→ RECORD SET
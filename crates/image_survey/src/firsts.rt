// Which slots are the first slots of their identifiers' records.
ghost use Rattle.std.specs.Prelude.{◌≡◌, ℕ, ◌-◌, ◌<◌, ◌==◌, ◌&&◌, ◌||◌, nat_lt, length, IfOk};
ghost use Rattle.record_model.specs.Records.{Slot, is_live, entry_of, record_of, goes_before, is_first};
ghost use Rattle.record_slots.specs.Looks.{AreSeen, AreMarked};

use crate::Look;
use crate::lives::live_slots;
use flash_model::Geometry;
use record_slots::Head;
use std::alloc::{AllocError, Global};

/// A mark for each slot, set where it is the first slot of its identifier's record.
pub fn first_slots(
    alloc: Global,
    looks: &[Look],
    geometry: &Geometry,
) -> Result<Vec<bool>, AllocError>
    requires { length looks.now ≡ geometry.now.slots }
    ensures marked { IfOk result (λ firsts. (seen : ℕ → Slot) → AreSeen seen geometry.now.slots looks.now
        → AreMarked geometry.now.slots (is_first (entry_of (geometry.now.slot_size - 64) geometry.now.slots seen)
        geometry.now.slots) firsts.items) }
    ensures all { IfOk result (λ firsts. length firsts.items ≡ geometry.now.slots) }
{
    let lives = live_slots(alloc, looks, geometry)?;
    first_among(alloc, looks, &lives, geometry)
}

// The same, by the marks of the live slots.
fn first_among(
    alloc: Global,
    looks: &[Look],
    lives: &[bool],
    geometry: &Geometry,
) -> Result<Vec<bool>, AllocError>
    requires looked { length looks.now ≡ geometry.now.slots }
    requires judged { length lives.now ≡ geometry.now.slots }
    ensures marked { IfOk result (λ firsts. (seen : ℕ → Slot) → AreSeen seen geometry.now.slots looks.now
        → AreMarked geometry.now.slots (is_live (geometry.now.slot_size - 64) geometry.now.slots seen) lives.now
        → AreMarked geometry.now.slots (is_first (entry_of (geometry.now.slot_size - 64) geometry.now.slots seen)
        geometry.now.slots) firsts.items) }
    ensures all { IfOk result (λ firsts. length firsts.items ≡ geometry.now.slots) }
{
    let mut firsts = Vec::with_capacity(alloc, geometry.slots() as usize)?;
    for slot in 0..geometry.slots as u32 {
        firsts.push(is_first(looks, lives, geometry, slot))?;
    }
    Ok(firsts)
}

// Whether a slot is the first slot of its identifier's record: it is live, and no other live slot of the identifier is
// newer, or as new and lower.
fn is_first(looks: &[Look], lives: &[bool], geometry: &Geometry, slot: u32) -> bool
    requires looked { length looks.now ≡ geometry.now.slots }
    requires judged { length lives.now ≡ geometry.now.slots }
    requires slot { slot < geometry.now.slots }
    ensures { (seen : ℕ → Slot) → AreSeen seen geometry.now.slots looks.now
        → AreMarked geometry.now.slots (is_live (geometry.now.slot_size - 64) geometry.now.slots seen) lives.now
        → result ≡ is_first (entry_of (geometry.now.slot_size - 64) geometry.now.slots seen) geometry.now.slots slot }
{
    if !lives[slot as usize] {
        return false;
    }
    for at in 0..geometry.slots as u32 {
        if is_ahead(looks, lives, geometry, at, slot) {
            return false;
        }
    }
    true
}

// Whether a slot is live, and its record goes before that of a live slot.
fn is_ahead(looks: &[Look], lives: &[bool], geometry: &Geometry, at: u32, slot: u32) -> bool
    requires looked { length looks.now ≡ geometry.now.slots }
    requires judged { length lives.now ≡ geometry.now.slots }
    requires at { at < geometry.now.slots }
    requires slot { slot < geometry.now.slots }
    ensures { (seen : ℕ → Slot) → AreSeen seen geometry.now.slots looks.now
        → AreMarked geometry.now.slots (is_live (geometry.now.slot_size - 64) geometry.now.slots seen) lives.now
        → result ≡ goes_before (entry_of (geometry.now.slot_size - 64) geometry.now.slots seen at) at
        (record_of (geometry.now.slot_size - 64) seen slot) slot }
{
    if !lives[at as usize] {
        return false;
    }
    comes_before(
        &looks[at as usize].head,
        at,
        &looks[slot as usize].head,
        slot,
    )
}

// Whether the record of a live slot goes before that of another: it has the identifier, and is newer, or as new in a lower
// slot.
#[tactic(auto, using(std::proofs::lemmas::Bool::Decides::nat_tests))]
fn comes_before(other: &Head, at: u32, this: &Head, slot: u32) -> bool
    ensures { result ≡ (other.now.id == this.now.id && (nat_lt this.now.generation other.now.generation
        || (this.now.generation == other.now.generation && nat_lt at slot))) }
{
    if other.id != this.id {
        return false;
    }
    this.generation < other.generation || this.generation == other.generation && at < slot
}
---
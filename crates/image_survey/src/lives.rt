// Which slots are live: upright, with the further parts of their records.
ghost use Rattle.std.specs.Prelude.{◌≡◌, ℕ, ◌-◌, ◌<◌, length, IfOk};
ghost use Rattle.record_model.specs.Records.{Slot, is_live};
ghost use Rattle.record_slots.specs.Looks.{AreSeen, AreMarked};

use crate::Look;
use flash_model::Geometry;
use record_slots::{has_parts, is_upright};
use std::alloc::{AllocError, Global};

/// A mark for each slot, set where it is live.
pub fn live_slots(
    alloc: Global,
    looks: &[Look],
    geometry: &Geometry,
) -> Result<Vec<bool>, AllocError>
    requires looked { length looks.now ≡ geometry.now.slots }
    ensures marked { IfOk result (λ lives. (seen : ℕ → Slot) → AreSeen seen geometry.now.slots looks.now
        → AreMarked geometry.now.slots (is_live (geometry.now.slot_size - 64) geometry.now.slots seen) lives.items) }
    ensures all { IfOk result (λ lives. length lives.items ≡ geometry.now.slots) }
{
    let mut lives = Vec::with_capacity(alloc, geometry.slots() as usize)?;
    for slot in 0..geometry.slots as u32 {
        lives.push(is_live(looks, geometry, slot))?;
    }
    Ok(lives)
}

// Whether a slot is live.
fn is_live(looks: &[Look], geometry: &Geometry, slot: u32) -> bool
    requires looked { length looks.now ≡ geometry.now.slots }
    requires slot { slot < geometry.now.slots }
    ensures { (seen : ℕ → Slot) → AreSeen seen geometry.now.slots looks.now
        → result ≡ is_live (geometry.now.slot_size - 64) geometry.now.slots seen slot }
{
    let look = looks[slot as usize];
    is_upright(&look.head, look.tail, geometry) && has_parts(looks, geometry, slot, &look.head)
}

→ TASK STATEMENT
Would you print exactly, and only, the lines of the data above from the line with "filename crates/image_survey/src/firsts.rt" through the line with "let lives = live_slots(alloc, looks, geometry)?;", inclusive?

→ TASK SOLUTION
filename crates/image_survey/src/firsts.rt
// Which slots are the first slots of their identifiers' records.
ghost use Rattle.std.specs.Prelude.{◌≡◌, ℕ, ◌-◌, ◌<◌, ◌==◌, ◌&&◌, ◌||◌, nat_lt, length, IfOk};
ghost use Rattle.record_model.specs.Records.{Slot, is_live, entry_of, record_of, goes_before, is_first};
ghost use Rattle.record_slots.specs.Looks.{AreSeen, AreMarked};

use crate::Look;
use crate::lives::live_slots;
use flash_model::Geometry;
use record_slots::Head;
use std::alloc::{AllocError, Global};

/// A mark for each slot, set where it is the first slot of its identifier's record.
pub fn first_slots(
    alloc: Global,
    looks: &[Look],
    geometry: &Geometry,
) -> Result<Vec<bool>, AllocError>
    requires { length looks.now ≡ geometry.now.slots }
    ensures marked { IfOk result (λ firsts. (seen : ℕ → Slot) → AreSeen seen geometry.now.slots looks.now
        → AreMarked geometry.now.slots (is_first (entry_of (geometry.now.slot_size - 64) geometry.now.slots seen)
        geometry.now.slots) firsts.items) }
    ensures all { IfOk result (λ firsts. length firsts.items ≡ geometry.now.slots) }
{
    let lives = live_slots(alloc, looks, geometry)?;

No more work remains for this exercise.